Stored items
=-=-=

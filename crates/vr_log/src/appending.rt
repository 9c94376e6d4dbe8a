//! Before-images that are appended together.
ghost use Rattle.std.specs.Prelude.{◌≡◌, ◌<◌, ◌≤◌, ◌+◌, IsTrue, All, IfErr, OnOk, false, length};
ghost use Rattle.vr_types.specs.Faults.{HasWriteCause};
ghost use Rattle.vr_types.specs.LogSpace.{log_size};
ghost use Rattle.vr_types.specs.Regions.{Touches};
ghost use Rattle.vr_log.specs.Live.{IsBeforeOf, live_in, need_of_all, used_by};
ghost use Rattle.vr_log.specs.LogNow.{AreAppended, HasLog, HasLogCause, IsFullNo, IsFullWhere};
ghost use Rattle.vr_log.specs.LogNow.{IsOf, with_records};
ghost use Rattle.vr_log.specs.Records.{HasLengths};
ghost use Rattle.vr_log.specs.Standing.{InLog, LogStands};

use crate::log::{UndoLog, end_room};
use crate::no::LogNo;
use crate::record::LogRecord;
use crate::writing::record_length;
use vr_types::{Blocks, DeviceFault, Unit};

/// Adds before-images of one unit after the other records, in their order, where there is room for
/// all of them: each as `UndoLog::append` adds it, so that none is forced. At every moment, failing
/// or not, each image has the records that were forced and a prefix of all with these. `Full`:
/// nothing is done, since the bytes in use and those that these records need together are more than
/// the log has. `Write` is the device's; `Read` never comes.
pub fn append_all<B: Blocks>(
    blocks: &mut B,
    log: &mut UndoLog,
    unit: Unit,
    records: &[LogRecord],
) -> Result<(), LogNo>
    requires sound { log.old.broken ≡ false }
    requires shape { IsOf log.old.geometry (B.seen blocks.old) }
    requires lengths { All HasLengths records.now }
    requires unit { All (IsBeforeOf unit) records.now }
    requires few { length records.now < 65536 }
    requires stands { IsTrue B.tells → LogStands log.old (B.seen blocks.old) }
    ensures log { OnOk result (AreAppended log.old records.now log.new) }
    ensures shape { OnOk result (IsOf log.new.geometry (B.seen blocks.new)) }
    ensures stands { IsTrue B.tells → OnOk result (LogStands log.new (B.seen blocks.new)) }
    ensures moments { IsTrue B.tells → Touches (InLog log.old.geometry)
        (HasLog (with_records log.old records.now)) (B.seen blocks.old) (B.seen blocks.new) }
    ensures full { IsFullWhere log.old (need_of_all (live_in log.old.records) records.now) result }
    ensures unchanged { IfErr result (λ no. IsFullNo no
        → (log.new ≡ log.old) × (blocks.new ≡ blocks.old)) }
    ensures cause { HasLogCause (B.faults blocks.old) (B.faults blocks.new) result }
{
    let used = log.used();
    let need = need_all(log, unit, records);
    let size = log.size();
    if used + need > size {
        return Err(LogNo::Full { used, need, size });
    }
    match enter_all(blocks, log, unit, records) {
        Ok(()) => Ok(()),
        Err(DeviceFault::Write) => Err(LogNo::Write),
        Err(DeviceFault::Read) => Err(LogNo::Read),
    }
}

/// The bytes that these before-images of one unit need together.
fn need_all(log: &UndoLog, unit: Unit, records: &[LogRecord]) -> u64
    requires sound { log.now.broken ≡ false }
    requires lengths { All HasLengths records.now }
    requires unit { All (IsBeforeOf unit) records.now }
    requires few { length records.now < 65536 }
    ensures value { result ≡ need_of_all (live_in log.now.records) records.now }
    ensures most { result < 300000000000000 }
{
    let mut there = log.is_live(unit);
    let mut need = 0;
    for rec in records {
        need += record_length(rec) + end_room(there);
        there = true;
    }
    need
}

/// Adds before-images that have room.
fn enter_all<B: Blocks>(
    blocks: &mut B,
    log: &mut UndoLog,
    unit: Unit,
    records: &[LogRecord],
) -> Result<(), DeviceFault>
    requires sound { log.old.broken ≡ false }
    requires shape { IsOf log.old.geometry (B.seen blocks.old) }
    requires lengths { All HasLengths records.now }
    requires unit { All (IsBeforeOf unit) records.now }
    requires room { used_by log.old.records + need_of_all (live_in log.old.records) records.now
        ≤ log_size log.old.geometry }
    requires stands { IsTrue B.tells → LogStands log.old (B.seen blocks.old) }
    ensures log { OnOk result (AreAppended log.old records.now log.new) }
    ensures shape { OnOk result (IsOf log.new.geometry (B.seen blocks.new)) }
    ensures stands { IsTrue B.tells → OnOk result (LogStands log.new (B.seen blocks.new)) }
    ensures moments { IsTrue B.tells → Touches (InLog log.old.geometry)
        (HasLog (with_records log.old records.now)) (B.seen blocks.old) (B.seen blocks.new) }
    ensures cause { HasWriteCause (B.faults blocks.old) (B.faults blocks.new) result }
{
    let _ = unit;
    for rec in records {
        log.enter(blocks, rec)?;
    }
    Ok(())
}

=-=-=

DESCRIPTION OF THE TASK:
The data must be given again in full. Keep every line identical.

RESULT OF THIS TASK:
filename crates/vr_log/src/appending.rt
repository 9c94376e6d4dbe8a
//! Before-images that are appended together.
ghost use Rattle.std.specs.Prelude.{◌≡◌, ◌<◌, ◌≤◌, ◌+◌, IsTrue, All, IfErr, OnOk, false, length};
ghost use Rattle.vr_types.specs.Faults.{HasWriteCause};
ghost use Rattle.vr_types.specs.LogSpace.{log_size};
ghost use Rattle.vr_types.specs.Regions.{Touches};
ghost use Rattle.vr_log.specs.Live.{IsBeforeOf, live_in, need_of_all, used_by};
ghost use Rattle.vr_log.specs.LogNow.{AreAppended, HasLog, HasLogCause, IsFullNo, IsFullWhere};
ghost use Rattle.vr_log.specs.LogNow.{IsOf, with_records};
ghost use Rattle.vr_log.specs.Records.{HasLengths};
ghost use Rattle.vr_log.specs.Standing.{InLog, LogStands};

use crate::log::{UndoLog, end_room};
use crate::no::LogNo;
use crate::record::LogRecord;
use crate::writing::record_length;
use vr_types::{Blocks, DeviceFault, Unit};

/// Adds before-images of one unit after the other records, in their order, where there is room for
/// all of them: each as `UndoLog::append` adds it, so that none is forced. At every moment, failing
/// or not, each image has the records that were forced and a prefix of all with these. `Full`:
/// nothing is done, since the bytes in use and those that these records need together are more than
/// the log has. `Write` is the device's; `Read` never comes.
pub fn append_all<B: Blocks>(
    blocks: &mut B,
    log: &mut UndoLog,
    unit: Unit,
    records: &[LogRecord],
) -> Result<(), LogNo>
    requires sound { log.old.broken ≡ false }
    requires shape { IsOf log.old.geometry (B.seen blocks.old) }
    requires lengths { All HasLengths records.now }
    requires unit { All (IsBeforeOf unit) records.now }
    requires few { length records.now < 65536 }
    requires stands { IsTrue B.tells → LogStands log.old (B.seen blocks.old) }
    ensures log { OnOk result (AreAppended log.old records.now log.new) }
    ensures shape { OnOk result (IsOf log.new.geometry (B.seen blocks.new)) }
    ensures stands { IsTrue B.tells → OnOk result (LogStands log.new (B.seen blocks.new)) }
    ensures moments { IsTrue B.tells → Touches (InLog log.old.geometry)
        (HasLog (with_records log.old records.now)) (B.seen blocks.old) (B.seen blocks.new) }
    ensures full { IsFullWhere log.old (need_of_all (live_in log.old.records) records.now) result }
    ensures unchanged { IfErr result (λ no. IsFullNo no
        → (log.new ≡ log.old) × (blocks.new ≡ blocks.old)) }
    ensures cause { HasLogCause (B.faults blocks.old) (B.faults blocks.new) result }
{
    let used = log.used();
    let need = need_all(log, unit, records);
    let size = log.size();
    if used + need > size {
        return Err(LogNo::Full { used, need, size });
    }
    match enter_all(blocks, log, unit, records) {
        Ok(()) => Ok(()),
        Err(DeviceFault::Write) => Err(LogNo::Write),
        Err(DeviceFault::Read) => Err(LogNo::Read),
    }
}

/// The bytes that these before-images of one unit need together.
fn need_all(log: &UndoLog, unit: Unit, records: &[LogRecord]) -> u64
    requires sound { log.now.broken ≡ false }
    requires lengths { All HasLengths records.now }
    requires unit { All (IsBeforeOf unit) records.now }
    requires few { length records.now < 65536 }
    ensures value { result ≡ need_of_all (live_in log.now.records) records.now }
    ensures most { result < 300000000000000 }
{
    let mut there = log.is_live(unit);
    let mut need = 0;
    for rec in records {
        need += record_length(rec) + end_room(there);
        there = true;
    }
    need
}

/// Adds before-images that have room.
fn enter_all<B: Blocks>(
    blocks: &mut B,
    log: &mut UndoLog,
    unit: Unit,
    records: &[LogRecord],
) -> Result<(), DeviceFault>
    requires sound { log.old.broken ≡ false }
    requires shape { IsOf log.old.geometry (B.seen blocks.old) }
    requires lengths { All HasLengths records.now }
    requires unit { All (IsBeforeOf unit) records.now }
    requires room { used_by log.old.records + need_of_all (live_in log.old.records) records.now
        ≤ log_size log.old.geometry }
    requires stands { IsTrue B.tells → LogStands log.old (B.seen blocks.old) }
    ensures log { OnOk result (AreAppended log.old records.now log.new) }
    ensures shape { OnOk result (IsOf log.new.geometry (B.seen blocks.new)) }
    ensures stands { IsTrue B.tells → OnOk result (LogStands log.new (B.seen blocks.new)) }
    ensures moments { IsTrue B.tells → Touches (InLog log.old.geometry)
        (HasLog (with_records log.old records.now)) (B.seen blocks.old) (B.seen blocks.new) }
    ensures cause { HasWriteCause (B.faults blocks.old) (B.faults blocks.new) result }
{
    let _ = unit;
    for rec in records {
        log.enter(blocks, rec)?;
    }
    Ok(())
}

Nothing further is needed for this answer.